In 1951 Venice was home to 175,000 permanent citizens; in 2012, that number had shrunk to 58,000. That’s not to say that the trend has gone unnoticed; last year, local demonstrators swam in the canals and marched on city squares protesting cruise ships using the historic Giudecca Canal as a highway. The city responded in January, reducing by 20 per cent the number of ships weighing more than 40,000 tonnes.
But the invasion of Venetian canals by so-called “skyscrapers of the sea” is not the only assault on Europe’s antiquities.
Earlier during our recent tour to the eastern Mediterranean, we visited the Acropolis. The iconic mountain top above Athens has stood since the 5th century BC as a symbol of Greece’s “golden age” of enlightenment, democracy and architecture. But it too has suffered from centuries of popularity. As recently as when I was a teenager, in the 1960s, my parents took my sister and me to visit relatives in Athens, where my dad’s cousin led us throughout the Acropolis; back then, we were allowed to wander among the ruins of the Temple of Athena, the Porch of Caryatids and every metre of the Parthenon itself. Not today.
Tourists by the millions have worn the marble path atop the Acropolis to nothing.
“We are restricted to stay within the fenced pathway,” our Athenian guide told us on our recent visit. “They are very serious about this.”

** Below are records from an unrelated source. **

//! Who may send what. Written by `bench/rows/rows.py`.
use crate::rows::{Row, is_answered};

static ROWS_1: [Row; 23] = [
    Row {
        shows: "who reports milestone 1",
        capacity: 100,
        starts: false,
        lines: r#"%+<
!+<
&+<
*+<
R+<
$+<
"#,
        replies: r#"_201
_201
_201
_201
_201
^
"#,
    },
    Row {
        shows: "who reports milestone 2",
        capacity: 100,
        starts: false,
        lines: r#"%+2(09:00)
!+2(09:00)
&+2(09:00)
*+2(09:00)
R+2(09:00)
$+2(09:00)
"#,
        replies: r#"_201
_201
_201
_201
_201
_202
"#,
    },
    Row {
        shows: "who reports milestone 3",
        capacity: 100,
        starts: false,
        lines: r#"%+3(09:00)
!+3(09:00)
&+3(09:00)
*+3(09:00)
R+3(09:00)
$+3(09:00)
"#,
        replies: r#"_201
_201
_201
_201
_201
_202
"#,
    },
    Row {
        shows: "who reports milestone 4",
        capacity: 100,
        starts: false,
        lines: r#"$+4(09:00)
!+4(09:00)
&+4(09:00)
*+4(09:00)
R+4(09:00)
%+4(09:00)
"#,
        replies: r#"_201
_201
_201
_201
_201
_202
"#,
    },
    Row {
        shows: "who reports milestone 5",
        capacity: 100,
        starts: false,
        lines: r#"$+5(09:00)
!+5(09:00)
&+5(09:00)
*+5(09:00)
R+5(09:00)
%+5(09:00)
"#,
        replies: r#"_201
_201
_201
_201
_201
_202
"#,
    },
    Row {
        shows: "who reports milestone 6",
        capacity: 100,
        starts: false,
        lines: r#"$+6(09:00)
!+6(09:00)
&+6(09:00)
*+6(09:00)
R+6(09:00)
%+6(09:00)
"#,
        replies: r#"_201
_201
_201
_201
_201
_202
"#,
    },
    Row {
        shows: "who reports milestone 7",
        capacity: 100,
        starts: false,
        lines: r#"$+7(09:00)
%+7(09:00)
&+7(09:00)
*+7(09:00)
R+7(09:00)
!+7(09:00)
"#,
        replies: r#"_201
_201
_201
_201
_201
_202
"#,
    },
    Row {
        shows: "who reports milestone 8",
        capacity: 100,
        starts: false,
        lines: r#"$+8(09:00)
%+8(09:00)
!+8(09:00)
&+8(09:00)
R+8(09:00)
*+8(09:00)
"#,
        replies: r#"_201
_201
_201
_201
_201
_202
"#,
    },
    Row {
        shows: "who reports milestone 9",
        capacity: 100,
        starts: false,
        lines: r#"$+9(09:00)
%+9(09:00)
!+9(09:00)
R+9(09:00)
&+9(09:00)
*+9(09:00)
"#,
        replies: r#"_201
_201
_201
_201
_202
_202
"#,
    },
    Row {
        shows: "who reports milestone 10",
        capacity: 100,
        starts: false,
        lines: r#"$+10(09:00)
!+10(09:00)
&+10(09:00)
*+10(09:00)
R+10(09:00)
%+10(09:00)
"#,
        replies: r#"_201
_201
_201
_201
_201
_202
"#,
    },
    Row {
        shows: "who reports milestone 11",
        capacity: 100,
        starts: false,
        lines: r#"$+11(09:00)
%+11(09:00)
!+11(09:00)
R+11(09:00)
&+11(09:00)
*+11(09:00)
"#,
        replies: r#"_201
_201
_201
_201
_202
_202
"#,
    },
    Row {
        shows: "who reports milestone 12",
        capacity: 100,
        starts: false,
        lines: r#"$+12(09:00)
%+12(09:00)
!+12(09:00)
R+12(09:00)
&+12(09:00)
*+12(09:00)
"#,
        replies: r#"_201
_201
_201
_201
_202
_202
"#,
    },
    Row {
        shows: "who reports milestone 13",
        capacity: 100,
        starts: false,
        lines: r#"$+13(09:00)
!+13(09:00)
&+13(09:00)
*+13(09:00)
R+13(09:00)
%+13(09:00)
"#,
        replies: r#"_201
_201
_201
_201
_201
_202
"#,
    },
    Row {
        shows: "who reports milestone 14",
        capacity: 100,
        starts: false,
        lines: r#"$+14(09:00)
!+14(09:00)
&+14(09:00)
*+14(09:00)
R+14(09:00)
%+14(09:00)
"#,
        replies: r#"_201
_201
_201
_201
_201
_202
"#,
    },
    Row {
        shows: "who reports milestone 15",
        capacity: 100,
        starts: false,
        lines: r#"$+15(09:00)
&+15(09:00)
*+15(09:00)
R+15(09:00)
%+15(09:00)
!+15(09:00)
"#,
        replies: r#"_201
_201
_201
_201
_202
_202
"#,
    },
    Row {
        shows: "who reports milestone 16",
        capacity: 100,
        starts: false,
        lines: r#"$+16(09:00)
!+16(09:00)
&+16(09:00)
*+16(09:00)
R+16(09:00)
%+16(09:00)
"#,
        replies: r#"_201
_201
_201
_201
_201
_202
"#,
    },
    Row {
        shows: "who schedules",
        capacity: 100,
        starts: false,
        lines: r#"$/
%/
!/
&/
*/
R/
"#,
        replies: r#"_201
_201
^
_201
_201
_201
"#,
    },
    Row {
        shows: "who loads",
        capacity: 100,
        starts: false,
        lines: r#"$S9,"kind":"alert","program":"b7U00V
%S9,"kind":"alert","program":"b7U00V
!S9,"kind":"alert","program":"b7U00V
&S9,"kind":"alert","program":"b7U00V
*S9,"kind":"alert","program":"b7U00V
RS9,"kind":"alert","program":"b7U00V
"#,
        replies: r#"_201
_201
^
_201
_201
_201
"#,
    },
    Row {
        shows: "who unloads",
        capacity: 100,
        starts: false,
        lines: r#"$unS9,"kind":"alert"}
%unS9,"kind":"alert"}
!unS9,"kind":"alert"}
&unS9,"kind":"alert"}
*unS9,"kind":"alert"}
RunS9,"kind":"alert"}
"#,
        replies: r#"_201
_201
_321
_201
_201
_201
"#,
    },
    Row {
        shows: "who ticks",
        capacity: 100,
        starts: false,
        lines: r#"$X
%X
!X
&X
*X
RX
"#,
        replies: r#"_201
_201
^
_201
_201
_201
"#,
    },
    Row {
        shows: "who migrates",
        capacity: 100,
        starts: false,
        lines: r#"$migrate"}
%migrate"}
&migrate"}
*migrate"}
Rmigrate"}
!migrate"}
Rmigrate"}
!migrate"}
"#,
        replies: r#"_201
_201
_201
_201
_201
v -
_201
_324
"#,
    },
    Row {
        shows: "who de-ices",
        capacity: 100,
        starts: false,
        lines: r#"$qeczt"(10:00)
%qeczt"(10:00)
!qeczt"(10:00)
&qeczt"(10:00)
*qeczt"(10:00)
Rqeczt"(10:00)
"#,
        replies: r#"_201
_201
_201
_201
_201
_325
"#,
    },
    Row {
        shows: "who asks",
        capacity: 100,
        starts: false,
        lines: r#"$>
$=
%>
%=
!>
!=
&>
&=
*>
*=
R>
R=
"#,
        replies: r#"_202
| -
_202
| -
_202
| -
_202
| -
_202
| -
_202
| -
"#,
    },
];

#[test]
fn part_1(rt: HostRuntime) {
    for row in &ROWS_1 {
        is_answered(&rt, rt.alloc(), row);
    }
}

Indeed, when I ventured to the top of an ancient stone piece to photograph our group (seen here), one of the volunteer guardians of the Acropolis blew a whistle at me shouting at me to get down. As I walked the marble pathway, which I remember being jagged and coarse in 1964, I realized the surface is now worn so smooth as to nearly shine in the Athenian sun. And all around the ancient Grecian ruins are cranes and artisans working to repair and restore some of the Acropolis’s former glory.

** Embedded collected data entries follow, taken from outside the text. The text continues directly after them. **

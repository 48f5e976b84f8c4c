//! A board that was migrated. Written by `bench/rows/rows.py`.
use crate::rows::{Row, is_answered};

static ROWS_1: [Row; 7] = [
    Row {
        shows: "layout 2: refusals",
        capacity: 100,
        starts: false,
        lines: r#"!migrate"}
%+6(09:00)
$/
!/
%+6(09:00)
$+<
!+7(09:05)
&+6(09:00)
%+10(10:01)
*+11(09:40)
%+6(09:00)
$+3(08:00)
%+4(09:10)
!+7(08:59)
!/
!unS7,"kind":"tobt"}
!+7(09:05)
*+8(09:06)
*+9(10:00)
%+13(09:58)
%+10(10:01)
*+9,"time":null}
%+13(09:58)
*+9(10:00)
%+10(10:01)
%+13(09:58)
%+14(09:57)
%+15(10:03)
%+14(10:02)
%+15(10:03)
*+9(10:00)
%+16(10:02)
%+16(10:12)
$+2(10:15)
"#,
        replies: r#"v -
_202
_201
^
_203
^
_203
_201
_205
_205
^
_204
_204
_206
_207
_321
^
^
^
_203
^
^
_205
^
^
^
_206
_203
^
^
_204
_206
^
_204
"#,
    },
    Row {
        shows: "layout 2: alerts",
        capacity: 100,
        starts: false,
        lines: r#"!migrate"}
$+<
!=
!/
!=
$+1(10:05:00Z","callsign":"DLH7","type":"A321","reg":"DAIBD","dest":"EDDF"}
!=
$+<
!=
%+6(09:16)
!=
%+6(09:15)
!=
*+9(09:59)
!=
*+9(09:44)
!=
*+9,"time":null}
!=
*+9(10:00)
!=
1 29000750 APT {"cmd":"X
!=
*+11(09:40)
!=
%+10(10:01)
1 29000766 APT {"cmd":"X
!=
1 29000767 APT {"cmd":"X
!=
%+13(09:58)
%+14(10:07)
!=
%+14(10:02)
!=
"#,
        replies: r#"v -
^
| 7:CDM01
^
| -
^
| 7:CDM02,CDM03,CDM04,CDM05
^
| -
^
| 7:CDM07
^
| -
^
| 7:CDM07a
^
| 7:CDM08,CDM07a
^
| 7:CDM10
^
| -
^
| 7:CDM09
^
| -
^
^
| -
^
| 7:CDM11
^
^
| 7:CDM12
^
| -
"#,
    },
    Row {
        shows: "layout 2: no flight plan",
        capacity: 100,
        starts: false,
        lines: r#"!migrate"}
!/
!=
$+<
!=
"#,
        replies: r#"v -
^
| 7:CDM13
^
| -
"#,
    },
    Row {
        shows: "layout 2: targets",
        capacity: 100,
        starts: false,
        lines: r#"!migrate"}
!/
$+<
%+6(09:00)
!?bf3U007`3c`95U00","length":160}
!+7(09:05)
&>
!?bf3U007`ffffffff95U00","length":160}
!+7(09:05)
&>
!?b7U0095U00","length":160}
!+7(09:05)
!=
!?bf3U007`32`95U00","length":160}
!+7(09:05)
&>
"#,
        replies: r#"v -
^
^
^
^
^
~Yc302U.UUfc83ba010184ba01`003884ba01UUUUUUUUUU
^
^
~Yc302`400000.UUfc83ba010184ba01`003884ba01UUUUUUUUUU
^
^
| 7:CDM14
^
^
~Yc302U.UUfc83ba010184ba01`002e84ba01UUUUUUUUUU
"#,
    },
    Row {
        shows: "layout 2: local alerts",
        capacity: 100,
        starts: false,
        lines: r#"!migrate"}
!/
$+<
!@b7`ffff000095U00","length":160}
%+6(09:00)
!=
!@b7`0000010095U00","length":160}
%+6(09:00)
!=
"#,
        replies: r#"v -
^
^
^
^
| 7:LOC00,LOC01,LOC02,LOC03,LOC04,LOC05,LOC06,LOC07,LOC08,LOC09,LOC10,LOC11,LOC12,LOC13,LOC14,LOC15
^
^
| -
"#,
    },
    Row {
        shows: "layout 2: a target by a program of before",
        capacity: 100,
        starts: true,
        lines: r#"%+6(09:00)
!?bf3U007`3c`V
!migrate"}
!+7(09:05)
&>
"#,
        replies: r#"^
^
^
^
v -
^
~Yc302U.UUfc83ba010184ba01`003884ba01UUUUUUUUUU
"#,
    },
    Row {
        shows: "layout 2: all fields stay",
        capacity: 100,
        starts: true,
        lines: r#"$+2(10:15)
$+3(08:00)
%+4(09:10)
%+5(09:08)
%+6(09:00)
!+7(09:05)
*+8(09:06)
*+9(10:00)
%+10(10:01)
*+11(09:40)
&+12(09:55)
%+13(09:58)
%+14(10:02)
!migrate"}
&>
%+15(10:03)
%+16(10:12)
&>
"#,
        replies: r#"^
^
^
^
^
^
^
^
^
^
^
^
^
^
^
v -
~Yff7fU.4784ba01c083ba010484ba01fc83ba010184ba010284ba013884ba013984ba012484ba013384ba013684ba013a84ba01UUUUUU`00
^
^
~Yffff01`0000.4784ba01c083ba010484ba01fc83ba010184ba010284ba013884ba013984ba012484ba013384ba013684ba013a84ba013b84ba014484ba01UUUUU0000
"#,
    },
];

#[test]
fn part_1(rt: HostRuntime) {
    for row in &ROWS_1 {
        is_answered(&rt, rt.alloc(), row);
    }
}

“The Parthenon took six years to build [in 5th C BC],” our guide informed us. “Restoration has been going on for 80 years; there are still 40 more years to go before it’s complete.”
The Parthenon took six years to build, but will need 120 to be restored.

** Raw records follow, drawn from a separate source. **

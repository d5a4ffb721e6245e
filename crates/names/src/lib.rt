// The names of a hierarchy, as the words of a text that they are. For the crates above, which prove what they require.
#![tactic(auto)]

mod joints;

ghost use Rattle.std.specs.Prelude.{◌≡◌};
ghost use Rattle.names.specs.Names.{is_name, is_known};
ghost use Rattle.names.specs.Kept.{kept_names};

pub use joints::{NamedJoint, NamedJoints};
use sections::{LABEL_WIDTH, visible_run};

// Can a word be a label?
fn is_name(word: &[u8]) -> bool
    ensures { result ≡ is_name word.now }
{
    word.len() <= LABEL_WIDTH && visible_run(word) == word.len()
}

// Is a word one of the names?
fn is_known(joints: &[NamedJoint<'_>], word: &[u8]) -> bool
    ensures { result ≡ is_known (kept_names joints.now) word.now }
{
    joints.iter().any(|joint| joint.name == word)
}
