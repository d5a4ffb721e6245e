// Joints as a hierarchy names them.
ghost use Rattle.std.specs.Prelude.{◌≡◌, ◌≤◌, [], ◌∷◌, ◌++◌, length, MatchResult, OnOk, OnErr};
ghost use Rattle.refusals.specs.Numbers.{number_of};
ghost use Rattle.names.specs.Names.{name_fault, names_fault};
ghost use Rattle.names.specs.Kept.{kept_names};

use crate::{is_known, is_name};
use arrayvec::ArrayVec;
use refusals::Refusal;

// A joint: its name, and the number of the block that encloses its own, 255 for none: the byte that a sheet has for it.
#[derive(Clone, Copy, Default)]
pub struct NamedJoint<'a> {
    pub name: &'a [u8],
    // No Option: it is only ever written, as this byte, and the definitions of a hierarchy have bytes; an Option would be turned back at once.
    pub parent: u8,
}

// In order of appearance, as many as a sheet can have; no name among theirs has a fault.
#[derive(Drop)]
pub struct NamedJoints<'a> {
    pub list: ArrayVec<NamedJoint<'a>, 128>,
    pub ghost good: { names_fault (kept_names list.items) ≡ 0 },
}

impl<'a> NamedJoints<'a> {
    pub fn new() -> NamedJoints<'a>
        ensures { result.list.items ≡ [] }
    {
        NamedJoints {
            list: ArrayVec::new(),
        }
    }

    pub fn len(&self) -> usize
        ensures value { result ≡ length self.now.list.items }
        ensures fits { result ≤ 128 }
    {
        self.list.len()
    }

    pub fn as_slice(&self) -> &[NamedJoint<'a>]
        ensures { result.now ≡ self.now.list.items }
    {
        self.list.as_slice()
    }

    // Adds a joint, unless its name is refused: it is one too many, it cannot be a label, or it is one of those before.
    pub fn add(&mut self, joint: NamedJoint<'a>) -> Result<(), Refusal>
        ensures answer { MatchResult result (λ _. name_fault (kept_names self.old.list.items) joint.entry.name.now ≡ 0)
            (λ refusal. name_fault (kept_names self.old.list.items) joint.entry.name.now ≡ number_of refusal) }
        ensures ok { OnOk result (self.new.list.items ≡ self.old.list.items ++ (joint.entry ∷ [])) }
        ensures err { OnErr result (self.new.list.items ≡ self.old.list.items) }
    {
        if self.list.is_full() {
            return Err(Refusal::TooManyJoints);
        }
        if !is_name(joint.name) || is_known(self.as_slice(), joint.name) {
            return Err(Refusal::BadName);
        }
        self.list.push(joint);
        Ok(())
    }
}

The restorers of Europe’s antiquities are serious in every respect. As well as restricting movement among the ruins, in most basilicas, churches and mausoleums we explored recently, there were prohibitive signs posted everywhere. Visitors cannot touch, lean on or photograph with flash any of the religious icons and frescos. Clearly the free-access attitudes of the past are gone. Exhibitors, guides and museum curators all fear the damaging potential effects of their attractions’ popularity.
As far as preserving the Venetian canals, I noticed the day after we left the city once dominated only by gondolas, that Italy’s transport minister has clamped down even more.
Are these the last of the “skyscrapers of the sea” to visit Venice?
After civic petitions and celebrity press conferences (involving Michael Douglas and Cate Blanchett), Maurizio Lupi, announced further restrictions on the mega cruise ship invasion. Soon, no ocean liners over 96,000 tonnes will be allowed to sail the Giudecca Canal in front of St. Mark’s Basilica.
“[It’s] our duty to remove the skyscrapers of the sea from the canals of Venice,” he said, “safeguarding a world heritage city … [while] protecting the city’s economy so linked to cruise tourism.”